I don't think we were stupid back then. I don't think it would take too much brain power to understand if you gather grass seeds and strew them on the earth, new grass would grow up next year, producing even more seeds. So if you weren't planning on too much movement outside of that lush valley, that would be a way to assure more food for the future.

I wonder if it's possible to order variety wheat flours online. It would be fun to taste what some of these early seed grains taste like. I know there is a BIG flavor difference between ground white wheat varieties and ground red wheat varieties.
Humans have been in our present form for about 200,000 years. For all but the last 12,000 of those years, no grains were in our diet. Seeds, nuts, berries, leafy veggies, small relatively sour fruits, gourds, tubers, and lots of animal protein and fat comprised the diet. Humans were smart enough to recognize that the effort needed to strip weeds and grasses of their tiny seeds expended more calories than they provided, except in the most extreme need. Being as smart as we are, we figured out how to breed plants and animals on our terms and for our needs. It's similar to how you've imagined it, but not so simple and took a whole lot longer.

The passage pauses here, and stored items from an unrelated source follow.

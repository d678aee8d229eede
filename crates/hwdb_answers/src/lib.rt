//! What the commands print: texts and JSON of answers, made of the bytes of a database or of text files. They are written
//! to a [`Sink`](hwdb_io::Sink) that may fail at any byte.
//!
//! | Module | What it does |
//! |---|---|
//! | `texts` | the lines that are printed |
//! | `explanation` | the lines of `explain` |
//! | `json_lines` | the lines of JSON of `query` and `list` |
//! | `json_explanations` | the lines of JSON of `explain` |
//! | `json_laws` | what is read of JSON is what was written |
//! | `device_texts` | what is printed of devices, one after another |
//! | `kept_texts` | what `query`, `explain` and `list` print of a database of which the strings alone are held |
//! | `queries` | `query` and `explain`: what a database gives devices |
//! | `hit_lines` | the hits of a cursor, one line after another |
//! | `listing` | `list`: the hits that a database has for a device |
//! | `single_file` | `ask`: what one text file has for a device |
//! | `update` | `update`: the database of the files of two folders, put in its place |
//! | `chunk` | what a reader of lines holds |
//! | `line_reader` | the lines of a source, one after another |
//! | `renewal` | the database of a stream: bytes that may be replaced between two answers |
//! | `streaming` | `query -` and `explain -`: the devices of a source, each answered as it comes |
#![tactic(auto)]

mod chunk;
mod device_texts;
mod explanation;
mod hit_lines;
mod json_explanations;
mod json_laws;
mod json_lines;
mod kept_texts;
mod line_reader;
mod listing;
mod queries;
mod renewal;
mod single_file;
mod streaming;
mod texts;
mod update;

pub use chunk::LineReader;
pub use explanation::explanation_lines;
pub use hwdb_spec::ToolError;
pub use hwdb_spec_commands::Form;
pub use json_explanations::explanation_lines_json;
pub use json_laws::json_is_read_back;
pub use json_lines::{put_named, put_raw, raw_of};
pub use kept_texts::{Wanted, text_kept};
pub use listing::{ListAsked, print_list, run_list};
pub use queries::{answer, answers, run_query};
pub use renewal::{Kept, Renewal};
pub use single_file::{AskTexts, ask, ask_texts};
pub use streaming::{run_renewed, run_stream};
pub use texts::{property_lines, push_property};
pub use update::{put_in_place, run_update};
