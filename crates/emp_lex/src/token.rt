//! Tokens.
ghost use Rattle.std.specs.Prelude.{◌≡◌, slice_range};

use emp_ast::tree::Place;

/// What a token is. The forms stand in `specs/Forms.antt`.
#[derive(Clone, Copy, Debug, PartialEq, Eq)]
pub enum TokenKind {
    /// A letter, then letters, digits and `_`, at most 63 bytes.
    Name,
    /// Digits with at most one point, and an exponent or none.
    Numeral,
    /// Bytes of one line between two equal quotes.
    Text,
    /// `=e=`, `=g=`, `=l=` or `=n=`, without case.
    Relation,
    /// `**`, `..` or a single sign.
    Symbol,
}

/// The bytes of a text from `from` up to and without `to`, and their place.
#[derive(Clone, Copy, Debug, PartialEq, Eq)]
pub struct Token {
    pub kind: TokenKind,
    pub from: u32,
    pub to: u32,
    pub place: Place,
}

/// The bytes of a text from `from` up to and without `to`.
pub fn part(text: &[u8], from: u32, to: u32) -> &[u8]
    ensures { result.now ≡ slice_range text.now from to }
{
    let from = from as usize;
    let to = (to as usize).min(text.len());
    if from < to {
        &text[from..to]
    } else {
        &text[..0]
    }
}
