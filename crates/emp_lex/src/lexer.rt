//! The tokens of a text.
ghost use Rattle.std.specs.Prelude.{◌≡◌, ◌+◌, ◌<◌, ◌≤◌, length, MatchResult};
ghost use Rattle.emp_lex.specs.Tokens.{past_byte, past, start, fault_at, Tells, IsTooWide, IsTokenList, Refuses};

use crate::fault::LexFault;
use crate::piece::{Defect, Step, next_step};
use crate::token::{Token, TokenKind};
use emp_ast::tree::Place;
use emp_numeral::numeral::{NumeralFault, read_numeral};
use std::alloc::Global;

/// The place behind a byte.
fn past_byte(place: Place, b: u8) -> Place
    requires line { place.line < 4294967295 }
    requires column { place.column < 4294967295 }
    ensures { result ≡ past_byte place b }
{
    if b == b'\n' {
        Place {
            line: place.line + 1,
            column: 1,
        }
    } else {
        Place {
            line: place.line,
            column: place.column + 1,
        }
    }
}

/// The place behind the bytes.
pub fn past(place: Place, bytes: &[u8]) -> Place
    requires line { place.line + length bytes.now ≤ 4294967295 }
    requires column { place.column + length bytes.now ≤ 4294967295 }
    ensures value { result ≡ past place bytes.now }
    ensures line { result.line ≤ place.line + length bytes.now }
    ensures column { result.column ≤ place.column + length bytes.now }
{
    let mut place = place;
    for b in bytes {
        place = past_byte(place, *b);
    }
    place
}

/// The place behind the last byte of a text.
pub fn end_of(text: &[u8]) -> Place
    requires { length text.now < 4294967295 }
    ensures { result ≡ past start text.now }
{
    past(Place { line: 1, column: 1 }, text)
}

fn fault_at(defect: Defect, place: Place) -> LexFault
    ensures { result ≡ fault_at defect place }
{
    match defect {
        Defect::BadByte => LexFault::BadByte(place),
        Defect::LongName => LexFault::LongName(place),
        Defect::OpenBlock => LexFault::OpenBlock(place),
        Defect::Dollar => LexFault::Dollar(place),
    }
}

/// Whether the bytes are a numeral with a value that is too wide.
#[tactic(auto, using(crate::proofs::Wides::tells))]
fn is_too_wide(kind: TokenKind, bytes: &[u8]) -> bool
    ensures { Tells result (IsTooWide kind bytes.now) }
{
    if kind != TokenKind::Numeral {
        return false;
    }
    match read_numeral(bytes) {
        Err(NumeralFault::Wide) => true,
        Err(NumeralFault::Form) => false,
        Ok(_) => false,
    }
}

/// The tokens of the text, or the first fault in it, as `specs/Tokens.antt` defines both.
pub fn tokens(alloc: Global, text: &[u8]) -> Result<Vec<Token>, LexFault>
    requires { length text.now < 4294967295 }
    ensures { MatchResult result (λ v. IsTokenList text.now v.items) (λ e. Refuses text.now e) }
{
    let mut found = Vec::new(alloc);
    let mut at = 0;
    let mut place = Place { line: 1, column: 1 };
    while at < text.len() {
        let size = match next_step(alloc, place.column == 1, &text[at..])? {
            Step::Skip(size) => size,
            Step::Take(kind, size) => {
                if is_too_wide(kind, &text[at..at + size]) {
                    return Err(LexFault::Number(place));
                }
                found.push(Token {
                    kind,
                    from: at as u32,
                    to: (at + size) as u32,
                    place,
                })?;
                size
            }
            Step::Stop(defect) => return Err(fault_at(defect, place)),
        };
        place = past(place, &text[at..at + size]);
        at += size;
    }
    Ok(found)
}
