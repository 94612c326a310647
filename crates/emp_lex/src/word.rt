//! Words that are known by their letters.
ghost use Rattle.std.specs.Prelude.{◌≡◌, map};
ghost use Rattle.emp_lex.specs.Words.{of_words};

/// What stands beside the first of the words that the bytes are, or `other` where they are none of them.
#[tactic(auto, using(crate::proofs::WordLists::looking))]
pub fn of_words<T: Copy>(other: T, words: &[(&[u8], T)], bytes: &[u8]) -> T
    ensures { result ≡ of_words other (map (λ w. (w.0.now, w.1)) words.now) bytes.now }
{
    for (word, value) in words {
        if *word == bytes {
            return *value;
        }
    }
    other
}
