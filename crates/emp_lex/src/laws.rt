//! What the definitions say of every text, for the layers above.
//!
//! No function here runs.
ghost use Rattle.emp_lex.specs.Laws.{OneReading, OnlyNothingIsPassed, TokensAreLongest, TokensHaveForms};

/// Each text has a list of tokens or a first fault, one of them, and not both.
pub fn one_reading()
    ensures { OneReading }
{}

/// The bytes of each token have the form of its kind.
pub fn tokens_have_forms()
    ensures { TokensHaveForms }
{}

/// What is passed over between tokens are blanks, comments, listed dollar lines and blocks.
pub fn only_nothing_is_passed()
    ensures { OnlyNothingIsPassed }
{}

/// Where a token is taken, none that the text begins with is longer; where a byte is bad, the text begins with none.
pub fn tokens_are_longest()
    ensures { TokensAreLongest }
{}
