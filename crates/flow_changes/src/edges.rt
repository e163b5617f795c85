//! Edges of one configuration that another lacks.
ghost use Rattle.std.specs.Prelude.{◌≡◌, ◌++◌, ◌<◌, IfOk, OnOk, filter, length, map, not};
ghost use Rattle.std.specs.List.{list_any};
ghost use Rattle.meter_theory.specs.Edges as theory;
ghost use Rattle.meter_theory.specs.Plan as plans;
ghost use Rattle.flow_edges.specs.Table.{edge_at};
ghost use Rattle.label_certificate.specs.LabelText.{cell_place};
ghost use Rattle.label_certificate.specs.Least.{AreLinks};
ghost use Rattle.flow_changes.specs.Facts.{HasEdge};
ghost use Rattle.flow_changes.specs.Lacked as spec;
ghost use Rattle.flow_changes.specs.Shown.{shown};

use crate::fact::Fact;
use cosem_data::cell::CellRef;
use cosem_data::memory::Memory;
use flow_edges::table::{EdgeTable, Link, edge_between};
use flow_map::outline::Outline;
use std::alloc::Global;

/// Puts a fact behind others for each edge of a table that another plan lacks, whose edges are those of the other table.
pub(crate) fn push_edges(
    alloc: Global,
    table: &EdgeTable,
    other_plan: &Outline<'_>,
    other: &EdgeTable,
    facts: &mut Vec<Fact<'_>>,
) -> Result<(), Memory>
    requires { other.now
        ≡ record { cells = plans.cells other_plan.now; edges = theory.edges other_plan.now } }
    ensures { OnOk result (map shown facts.new.items ≡ map shown facts.old.items ++ map HasEdge
        (filter (λ e. not (list_any (theory.same_edge e) (theory.edges other_plan.now))) table.now.edges)) }
{
    other.known();
    let cells = table.cells();
    let numbers = numbers_in(alloc, other_plan, cells)?;
    push_lacked(cells, table.links(), &numbers, other, facts)
}

/// The number that each of these cells has in a plan, or None where it is no cell of it.
fn numbers_in(
    alloc: Global,
    plan: &Outline<'_>,
    cells: &[CellRef],
) -> Result<Vec<Option<u16>>, Memory>
    ensures { IfOk result (λ numbers. numbers.items ≡ map (cell_place plan.now) cells.now) }
{
    let mut numbers = Vec::with_capacity(alloc, cells.len())?;
    for cell in cells {
        numbers.push(plan.cell_number(cell))?;
    }
    Ok(numbers)
}

/// Puts the edge of each of these links behind facts that another table hasn't, where its cells have these numbers there.
fn push_lacked(
    cells: &[CellRef],
    links: &[Link],
    numbers: &[Option<u16>],
    other: &EdgeTable,
    facts: &mut Vec<Fact<'_>>,
) -> Result<(), Memory>
    requires cells { length cells.now ≡ length numbers.now }
    requires links { AreLinks (length numbers.now) links.now }
    requires numbers { spec.AreBelow (length other.now.cells) numbers.now }
    ensures { OnOk result (map shown facts.new.items ≡ map shown facts.old.items
        ++ map (λ l. HasEdge (edge_at cells.now l))
        (filter (λ l. not (spec.is_there numbers.now other.now l)) links.now)) }
{
    for link in links {
        if !is_there(numbers, other, *link) {
            facts.push(Fact::HasEdge(edge_between(cells, *link)))?;
        }
    }
    Ok(())
}

/// Whether another table has the edge of a link, where its cells have these numbers there.
fn is_there(numbers: &[Option<u16>], other: &EdgeTable, link: Link) -> bool
    requires source { link.source < length numbers.now }
    requires target { link.target < length numbers.now }
    requires numbers { spec.AreBelow (length other.now.cells) numbers.now }
    ensures { result ≡ spec.is_there numbers.now other.now link }
{
    match there(numbers, link) {
        Some(link) => other.has(link),
        None => false,
    }
}

/// A link between other numbers of its cells, if both have one.
fn there(numbers: &[Option<u16>], link: Link) -> Option<Link>
    requires source { link.source < length numbers.now }
    requires target { link.target < length numbers.now }
    ensures { result ≡ spec.link_there numbers.now link }
{
    let source = numbers[link.source]?;
    let target = numbers[link.target]?;
    Some(Link {
        source: usize::from(source),
        target: usize::from(target),
        cause: link.cause,
    })
}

Grain (and other plant and animals) domestication took place at different times, in different places all over the world, and what exactly was domesticated was reliant upon what was available in the natural environment. Those populations that have a longer history of consuming certain grains have less health problems than those more recently exposed to it -- take wheat flour's devastating health consequences among Native Americans today for example.
Also, the adaptability and impact of different genes is not the same for every gene and every trait. For example, the gene for lactase persistence has a simple relationship -- one gene, one trait. The same is not true for the metabolism of grain related foods. It's taken longer and it's not simple.

This is what I do for a living ladies. I don't want to get on a soap box but, call it a compulsion, I have a need to try to clarify things.